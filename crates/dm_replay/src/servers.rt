//! What the servers do with a message.
ghost use Rattle.std.specs.Prelude.{◌≡◌, ◌+◌, ◌<◌, OnOk};
ghost use Rattle.dm_link.specs.Names.{pid_eq};
ghost use Rattle.dm_onekernel.specs.Boot.{manager, switchboard};
ghost use Rattle.dm_message.specs.Lawful.{IsLawfulMessage};
ghost use Rattle.dm_message.specs.Plain.{plain_message};
ghost use Rattle.dm_onekernel.specs.Step.{step};
ghost use Rattle.dm_onekernel.specs.declared.boot.Boot.{Boot};
ghost use Rattle.dm_onekernel.specs.declared.label.Label.TheVariants as label_;
ghost use Rattle.dm_replay.specs.Answers.{Gives};
ghost use Rattle.dm_replay.specs.Sound.{IsOf, IsSound};
ghost use Rattle.dm_replay.specs.State.{one_kernel};
ghost use Rattle.dm_replay.specs.Steps.{Stays, Steps};
ghost use Rattle.dm_replay.specs.Tests.{is_for_manager};
ghost use Rattle.dm_replay.specs.Serving.{board_at, manager_at};

use crate::kernel::{HERE, Kernel, MOST_LABELS, Refusal};
use dm_link::{MANAGER, Pid, SWITCHBOARD};
use dm_message::{Message, MsgId, What};
use dm_onekernel::Boot;
use dm_procman::ProcMan;

/// Whether the manager takes what a message of this number says.
fn is_for_manager(manager: &ProcMan, number: u32, what: &What) -> bool
    ensures { result ≡ is_for_manager manager.now number what.now }
{
    match what {
        What::User { .. } => true,
        What::Created { .. } => manager.awaits(number),
        What::NoRoom => manager.awaits(number),
        What::Moved { .. } => manager.awaits(number),
        _ => false,
    }
}

/// Whether it is the switchboard.
fn is_switchboard(pid: Pid) -> bool
    ensures { result ≡ pid_eq pid switchboard }
{
    pid == SWITCHBOARD
}

/// Whether it is the process manager.
fn is_manager(pid: Pid) -> bool
    ensures { result ≡ pid_eq pid manager }
{
    pid == MANAGER
}

impl Kernel {
    /// A server took a message.
    pub(crate) fn take_for_server(&mut self, boot: &Boot, id: MsgId) -> Result<(), Refusal>
        requires sound { IsSound self.old.labels self.old }
        requires room { self.old.labels < MOST_LABELS }
        requires of { IsOf boot.now self.old }
        ensures gives { Gives result (λ _. Some (one_kernel boot.now self.new)) (step (one_kernel boot.now self.old) (label_.Took id)) }
        ensures sound { OnOk result (IsSound (self.old.labels + 1) self.new) }
        ensures stays { OnOk result (Stays self.old self.new) }
    {
        let message = self.take_message(id)?;
        if is_switchboard(message.to.pid) {
            return self.take_for_board(&message);
        }
        if is_manager(message.to.pid) {
            return self.take_for_manager(&message);
        }
        Err(Refusal::NoStep)
    }

    /// The switchboard took a message.
    fn take_for_board(&mut self, message: &Message) -> Result<(), Refusal>
        requires sound { IsSound self.old.labels self.old }
        requires room { self.old.labels < MOST_LABELS }
        requires lawful { IsLawfulMessage message.now }
        ensures steps { Steps self.old result self.new (λ s. board_at s (plain_message message.now)) }
        ensures sound { OnOk result (IsSound (self.old.labels + 1) self.new) }
        ensures stays { OnOk result (Stays self.old self.new) }
    {
        match &message.what {
            What::User { .. } => {
                let took = self.board.take(self.alloc, message, HERE)?;
                self.put_sent(took.answer)
            }
            _ => Err(Refusal::NoStep),
        }
    }

    /// The process manager took a message.
    fn take_for_manager(&mut self, message: &Message) -> Result<(), Refusal>
        requires sound { IsSound self.old.labels self.old }
        requires room { self.old.labels < MOST_LABELS }
        requires lawful { IsLawfulMessage message.now }
        ensures steps { (b : Boot) → IsOf b self.old → Gives result (λ _. Some (one_kernel b self.new)) (manager_at (one_kernel b self.old) (plain_message message.now)) }
        ensures sound { OnOk result (IsSound (self.old.labels + 1) self.new) }
        ensures stays { OnOk result (Stays self.old self.new) }
    {
        if !is_for_manager(&self.manager, message.id.n, &message.what) {
            return Err(Refusal::NoStep);
        }
        let sent = self.manager.take(self.alloc, message, HERE)?;
        self.put_sent(sent)
    }
}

- _What to work on_:
From the listing above, return every line that contains the word "NoStep".

- _Task response_:
        Err(Refusal::NoStep)
            _ => Err(Refusal::NoStep),
            return Err(Refusal::NoStep);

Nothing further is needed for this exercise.